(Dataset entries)
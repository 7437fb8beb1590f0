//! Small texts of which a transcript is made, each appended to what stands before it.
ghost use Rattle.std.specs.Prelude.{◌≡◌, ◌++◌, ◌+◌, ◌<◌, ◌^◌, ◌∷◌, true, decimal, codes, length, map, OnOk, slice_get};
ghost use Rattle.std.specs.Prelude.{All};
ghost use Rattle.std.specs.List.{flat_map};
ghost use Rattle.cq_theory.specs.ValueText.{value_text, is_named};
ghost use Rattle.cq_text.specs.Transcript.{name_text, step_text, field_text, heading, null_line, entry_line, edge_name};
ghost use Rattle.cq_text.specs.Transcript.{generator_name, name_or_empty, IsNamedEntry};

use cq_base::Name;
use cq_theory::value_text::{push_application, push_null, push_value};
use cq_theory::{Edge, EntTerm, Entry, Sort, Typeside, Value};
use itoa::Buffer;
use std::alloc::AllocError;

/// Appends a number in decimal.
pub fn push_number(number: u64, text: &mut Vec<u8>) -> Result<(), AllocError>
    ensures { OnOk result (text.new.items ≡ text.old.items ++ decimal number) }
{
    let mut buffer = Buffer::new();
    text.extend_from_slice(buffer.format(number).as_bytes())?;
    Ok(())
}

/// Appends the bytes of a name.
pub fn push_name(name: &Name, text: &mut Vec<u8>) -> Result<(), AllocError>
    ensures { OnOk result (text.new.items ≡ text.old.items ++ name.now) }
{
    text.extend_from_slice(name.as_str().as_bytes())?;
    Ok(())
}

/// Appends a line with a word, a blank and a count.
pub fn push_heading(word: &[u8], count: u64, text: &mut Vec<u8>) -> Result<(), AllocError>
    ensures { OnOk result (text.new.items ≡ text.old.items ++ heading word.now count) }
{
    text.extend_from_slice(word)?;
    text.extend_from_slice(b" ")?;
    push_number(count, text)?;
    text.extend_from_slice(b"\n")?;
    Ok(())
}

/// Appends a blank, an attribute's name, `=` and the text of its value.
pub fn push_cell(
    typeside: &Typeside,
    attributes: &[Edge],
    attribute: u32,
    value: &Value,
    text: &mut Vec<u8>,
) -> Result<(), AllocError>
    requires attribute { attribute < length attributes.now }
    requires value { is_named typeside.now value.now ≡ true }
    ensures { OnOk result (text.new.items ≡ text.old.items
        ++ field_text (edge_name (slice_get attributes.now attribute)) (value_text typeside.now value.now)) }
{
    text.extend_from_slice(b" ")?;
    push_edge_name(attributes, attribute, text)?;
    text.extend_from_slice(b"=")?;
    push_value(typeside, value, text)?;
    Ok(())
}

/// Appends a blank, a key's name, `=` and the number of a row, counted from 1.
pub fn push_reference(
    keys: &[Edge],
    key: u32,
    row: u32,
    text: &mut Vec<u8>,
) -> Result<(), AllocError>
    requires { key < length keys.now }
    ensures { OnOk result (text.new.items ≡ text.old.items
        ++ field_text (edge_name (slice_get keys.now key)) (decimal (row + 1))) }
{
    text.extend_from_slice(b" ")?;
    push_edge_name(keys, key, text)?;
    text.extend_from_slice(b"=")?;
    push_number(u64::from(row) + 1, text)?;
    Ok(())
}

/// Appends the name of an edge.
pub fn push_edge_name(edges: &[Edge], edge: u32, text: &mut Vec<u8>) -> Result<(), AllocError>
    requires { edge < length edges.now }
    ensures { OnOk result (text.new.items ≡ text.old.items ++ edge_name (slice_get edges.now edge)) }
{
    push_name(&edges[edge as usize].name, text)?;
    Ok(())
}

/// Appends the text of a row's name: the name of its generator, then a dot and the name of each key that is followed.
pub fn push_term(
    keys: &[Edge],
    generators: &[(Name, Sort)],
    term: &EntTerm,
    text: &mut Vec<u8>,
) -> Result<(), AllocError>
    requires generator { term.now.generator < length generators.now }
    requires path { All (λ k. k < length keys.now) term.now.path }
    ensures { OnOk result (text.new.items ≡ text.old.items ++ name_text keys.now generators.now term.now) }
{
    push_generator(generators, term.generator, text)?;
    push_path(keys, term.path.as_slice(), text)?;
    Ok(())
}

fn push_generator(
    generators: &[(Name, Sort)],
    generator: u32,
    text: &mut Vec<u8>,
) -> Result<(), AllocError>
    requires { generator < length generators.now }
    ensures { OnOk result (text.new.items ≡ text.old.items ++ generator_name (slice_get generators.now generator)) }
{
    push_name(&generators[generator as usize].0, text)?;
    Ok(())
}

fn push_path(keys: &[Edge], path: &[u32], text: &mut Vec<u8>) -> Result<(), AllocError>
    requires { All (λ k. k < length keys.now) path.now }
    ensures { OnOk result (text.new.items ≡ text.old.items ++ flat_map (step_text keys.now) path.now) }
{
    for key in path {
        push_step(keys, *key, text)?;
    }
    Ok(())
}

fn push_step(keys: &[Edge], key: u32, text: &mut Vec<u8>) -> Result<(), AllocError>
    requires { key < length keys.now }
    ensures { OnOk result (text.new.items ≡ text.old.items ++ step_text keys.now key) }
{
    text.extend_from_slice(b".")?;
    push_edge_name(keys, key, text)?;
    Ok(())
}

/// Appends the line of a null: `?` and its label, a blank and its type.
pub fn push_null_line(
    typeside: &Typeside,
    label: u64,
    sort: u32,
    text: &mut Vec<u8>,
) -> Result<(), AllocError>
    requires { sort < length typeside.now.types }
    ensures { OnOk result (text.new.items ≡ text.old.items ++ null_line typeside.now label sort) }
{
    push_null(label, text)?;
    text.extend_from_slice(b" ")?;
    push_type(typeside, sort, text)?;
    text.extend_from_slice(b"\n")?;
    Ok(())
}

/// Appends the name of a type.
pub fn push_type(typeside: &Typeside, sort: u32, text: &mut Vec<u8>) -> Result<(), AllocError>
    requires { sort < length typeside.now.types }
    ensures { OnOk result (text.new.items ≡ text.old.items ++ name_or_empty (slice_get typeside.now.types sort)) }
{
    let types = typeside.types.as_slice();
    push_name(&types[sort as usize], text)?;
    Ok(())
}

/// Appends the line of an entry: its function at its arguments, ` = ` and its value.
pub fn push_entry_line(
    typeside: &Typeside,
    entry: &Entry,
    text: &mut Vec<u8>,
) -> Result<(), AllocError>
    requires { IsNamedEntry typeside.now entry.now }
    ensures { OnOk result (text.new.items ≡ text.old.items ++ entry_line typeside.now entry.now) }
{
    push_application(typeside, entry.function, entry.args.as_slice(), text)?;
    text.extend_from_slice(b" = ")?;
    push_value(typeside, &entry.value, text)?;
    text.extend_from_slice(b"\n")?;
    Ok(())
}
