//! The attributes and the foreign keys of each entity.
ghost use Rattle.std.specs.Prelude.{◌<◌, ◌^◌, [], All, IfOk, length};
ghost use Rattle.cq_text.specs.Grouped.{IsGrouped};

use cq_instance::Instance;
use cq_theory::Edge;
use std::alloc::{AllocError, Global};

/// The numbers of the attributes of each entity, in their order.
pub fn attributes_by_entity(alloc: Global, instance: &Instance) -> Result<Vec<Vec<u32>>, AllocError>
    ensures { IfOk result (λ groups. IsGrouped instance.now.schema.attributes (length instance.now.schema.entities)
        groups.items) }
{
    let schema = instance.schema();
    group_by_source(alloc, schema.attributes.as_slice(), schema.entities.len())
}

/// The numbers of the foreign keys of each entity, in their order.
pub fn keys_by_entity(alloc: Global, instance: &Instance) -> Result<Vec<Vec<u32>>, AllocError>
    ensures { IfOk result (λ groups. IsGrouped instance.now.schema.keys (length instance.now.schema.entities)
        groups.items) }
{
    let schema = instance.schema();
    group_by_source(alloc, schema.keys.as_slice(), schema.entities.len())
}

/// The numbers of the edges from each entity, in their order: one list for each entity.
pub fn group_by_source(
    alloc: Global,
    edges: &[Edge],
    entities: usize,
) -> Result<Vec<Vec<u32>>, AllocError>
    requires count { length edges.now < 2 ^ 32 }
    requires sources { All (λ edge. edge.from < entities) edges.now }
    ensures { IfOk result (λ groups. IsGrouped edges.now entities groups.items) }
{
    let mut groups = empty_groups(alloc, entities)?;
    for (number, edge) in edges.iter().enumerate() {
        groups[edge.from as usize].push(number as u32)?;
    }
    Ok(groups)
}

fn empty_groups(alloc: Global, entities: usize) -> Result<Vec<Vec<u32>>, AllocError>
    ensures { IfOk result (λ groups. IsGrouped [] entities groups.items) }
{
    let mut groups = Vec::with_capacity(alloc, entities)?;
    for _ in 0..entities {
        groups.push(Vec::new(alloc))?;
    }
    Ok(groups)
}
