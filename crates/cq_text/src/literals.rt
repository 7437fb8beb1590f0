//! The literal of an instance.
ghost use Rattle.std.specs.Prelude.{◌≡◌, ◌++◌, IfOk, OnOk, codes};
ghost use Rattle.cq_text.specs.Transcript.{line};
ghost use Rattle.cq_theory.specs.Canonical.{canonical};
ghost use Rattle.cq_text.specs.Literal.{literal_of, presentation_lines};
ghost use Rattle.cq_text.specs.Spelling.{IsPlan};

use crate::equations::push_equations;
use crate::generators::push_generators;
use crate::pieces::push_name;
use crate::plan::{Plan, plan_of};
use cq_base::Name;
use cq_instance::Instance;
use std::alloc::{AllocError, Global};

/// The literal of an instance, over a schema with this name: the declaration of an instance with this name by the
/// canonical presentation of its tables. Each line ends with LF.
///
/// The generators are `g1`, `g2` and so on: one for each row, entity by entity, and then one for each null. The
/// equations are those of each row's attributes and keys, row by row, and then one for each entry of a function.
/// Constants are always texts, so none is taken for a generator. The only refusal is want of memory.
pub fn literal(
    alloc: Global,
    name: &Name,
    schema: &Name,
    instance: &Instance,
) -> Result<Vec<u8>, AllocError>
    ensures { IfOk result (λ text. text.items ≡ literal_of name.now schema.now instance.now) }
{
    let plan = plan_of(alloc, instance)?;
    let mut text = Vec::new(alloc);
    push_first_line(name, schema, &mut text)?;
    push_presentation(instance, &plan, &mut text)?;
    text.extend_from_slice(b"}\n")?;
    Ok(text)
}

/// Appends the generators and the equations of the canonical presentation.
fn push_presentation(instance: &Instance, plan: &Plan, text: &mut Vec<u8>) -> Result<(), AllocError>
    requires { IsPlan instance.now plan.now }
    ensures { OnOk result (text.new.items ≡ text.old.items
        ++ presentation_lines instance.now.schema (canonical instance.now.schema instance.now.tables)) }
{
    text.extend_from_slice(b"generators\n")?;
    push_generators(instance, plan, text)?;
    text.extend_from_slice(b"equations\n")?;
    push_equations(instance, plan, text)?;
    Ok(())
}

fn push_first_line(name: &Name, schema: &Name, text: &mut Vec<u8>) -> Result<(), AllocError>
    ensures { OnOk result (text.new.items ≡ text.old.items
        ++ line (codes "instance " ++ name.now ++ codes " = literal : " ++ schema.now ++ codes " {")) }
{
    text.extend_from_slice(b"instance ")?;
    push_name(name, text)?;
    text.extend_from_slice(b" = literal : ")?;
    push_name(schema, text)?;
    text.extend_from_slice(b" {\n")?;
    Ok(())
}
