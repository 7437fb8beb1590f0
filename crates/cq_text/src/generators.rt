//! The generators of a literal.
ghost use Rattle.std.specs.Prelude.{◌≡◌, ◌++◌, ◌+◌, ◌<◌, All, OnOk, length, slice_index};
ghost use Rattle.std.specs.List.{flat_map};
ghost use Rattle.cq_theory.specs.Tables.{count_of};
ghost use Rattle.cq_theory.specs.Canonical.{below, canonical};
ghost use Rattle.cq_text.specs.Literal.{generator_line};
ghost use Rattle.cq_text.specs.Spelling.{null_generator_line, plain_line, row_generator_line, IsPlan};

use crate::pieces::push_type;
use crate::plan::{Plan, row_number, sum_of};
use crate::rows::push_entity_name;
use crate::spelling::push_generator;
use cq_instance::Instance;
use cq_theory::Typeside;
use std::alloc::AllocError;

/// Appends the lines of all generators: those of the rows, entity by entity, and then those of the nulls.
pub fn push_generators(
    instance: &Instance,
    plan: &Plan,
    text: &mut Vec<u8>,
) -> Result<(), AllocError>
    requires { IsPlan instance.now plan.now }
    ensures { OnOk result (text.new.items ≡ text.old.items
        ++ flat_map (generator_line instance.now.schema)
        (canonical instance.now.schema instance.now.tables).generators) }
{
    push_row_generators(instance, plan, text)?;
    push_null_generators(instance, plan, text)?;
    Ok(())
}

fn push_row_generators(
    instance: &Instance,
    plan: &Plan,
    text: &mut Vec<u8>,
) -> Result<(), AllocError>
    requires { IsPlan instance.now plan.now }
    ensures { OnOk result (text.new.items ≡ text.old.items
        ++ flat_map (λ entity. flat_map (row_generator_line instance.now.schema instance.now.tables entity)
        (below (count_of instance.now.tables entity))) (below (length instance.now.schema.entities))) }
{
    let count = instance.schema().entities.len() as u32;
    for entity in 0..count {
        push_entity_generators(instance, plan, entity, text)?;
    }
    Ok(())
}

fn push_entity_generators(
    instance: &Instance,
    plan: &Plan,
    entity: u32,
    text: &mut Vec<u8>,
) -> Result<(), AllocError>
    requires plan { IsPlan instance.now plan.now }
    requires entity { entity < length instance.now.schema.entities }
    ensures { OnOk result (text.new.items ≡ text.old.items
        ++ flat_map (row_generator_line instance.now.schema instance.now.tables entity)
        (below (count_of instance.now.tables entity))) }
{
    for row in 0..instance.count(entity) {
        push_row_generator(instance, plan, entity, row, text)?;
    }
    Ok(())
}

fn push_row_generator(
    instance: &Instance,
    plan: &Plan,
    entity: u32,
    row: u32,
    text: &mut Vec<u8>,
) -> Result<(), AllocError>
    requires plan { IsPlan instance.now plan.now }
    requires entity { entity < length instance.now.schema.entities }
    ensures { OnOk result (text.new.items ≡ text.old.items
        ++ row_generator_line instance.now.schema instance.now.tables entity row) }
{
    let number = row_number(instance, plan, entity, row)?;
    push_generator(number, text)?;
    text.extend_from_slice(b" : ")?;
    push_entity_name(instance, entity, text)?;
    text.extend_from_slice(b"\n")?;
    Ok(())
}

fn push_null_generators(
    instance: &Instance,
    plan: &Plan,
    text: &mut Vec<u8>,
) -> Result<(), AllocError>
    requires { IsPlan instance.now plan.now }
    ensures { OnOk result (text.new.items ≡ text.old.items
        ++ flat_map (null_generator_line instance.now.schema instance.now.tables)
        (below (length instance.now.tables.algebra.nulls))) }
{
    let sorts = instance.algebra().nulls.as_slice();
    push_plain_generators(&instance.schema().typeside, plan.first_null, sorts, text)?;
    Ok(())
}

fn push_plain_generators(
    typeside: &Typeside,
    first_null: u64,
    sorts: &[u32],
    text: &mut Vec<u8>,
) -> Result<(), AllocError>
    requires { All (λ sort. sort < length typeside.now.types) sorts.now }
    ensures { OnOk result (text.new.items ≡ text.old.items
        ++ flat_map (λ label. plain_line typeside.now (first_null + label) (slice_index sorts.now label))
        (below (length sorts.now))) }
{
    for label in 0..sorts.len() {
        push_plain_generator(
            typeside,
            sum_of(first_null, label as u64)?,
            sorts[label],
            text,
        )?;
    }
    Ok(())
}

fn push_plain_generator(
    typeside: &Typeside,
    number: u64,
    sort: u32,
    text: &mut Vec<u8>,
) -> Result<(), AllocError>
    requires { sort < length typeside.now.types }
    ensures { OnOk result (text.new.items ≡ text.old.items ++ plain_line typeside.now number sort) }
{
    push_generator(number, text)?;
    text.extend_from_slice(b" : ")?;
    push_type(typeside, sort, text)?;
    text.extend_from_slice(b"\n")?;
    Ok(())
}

§ TASK ITEM: Please output only the lines from the first line of the entries through the line with "and a count.", both included, exactly as written.

§ ANSWER SPACE:
repository 7437fb8beb1590f0
//! Small texts of which a transcript is made, each appended to what stands before it.
ghost use Rattle.std.specs.Prelude.{◌≡◌, ◌++◌, ◌+◌, ◌<◌, ◌^◌, ◌∷◌, true, decimal, codes, length, map, OnOk, slice_get};
ghost use Rattle.std.specs.Prelude.{All};
ghost use Rattle.std.specs.List.{flat_map};
ghost use Rattle.cq_theory.specs.ValueText.{value_text, is_named};
ghost use Rattle.cq_text.specs.Transcript.{name_text, step_text, field_text, heading, null_line, entry_line, edge_name};
ghost use Rattle.cq_text.specs.Transcript.{generator_name, name_or_empty, IsNamedEntry};

use cq_base::Name;
use cq_theory::value_text::{push_application, push_null, push_value};
use cq_theory::{Edge, EntTerm, Entry, Sort, Typeside, Value};
use itoa::Buffer;
use std::alloc::AllocError;

/// Appends a number in decimal.
pub fn push_number(number: u64, text: &mut Vec<u8>) -> Result<(), AllocError>
    ensures { OnOk result (text.new.items ≡ text.old.items ++ decimal number) }
{
    let mut buffer = Buffer::new();
    text.extend_from_slice(buffer.format(number).as_bytes())?;
    Ok(())
}

/// Appends the bytes of a name.
pub fn push_name(name: &Name, text: &mut Vec<u8>) -> Result<(), AllocError>
    ensures { OnOk result (text.new.items ≡ text.old.items ++ name.now) }
{
    text.extend_from_slice(name.as_str().as_bytes())?;
    Ok(())
}

/// Appends a line with a word, a blank and a count.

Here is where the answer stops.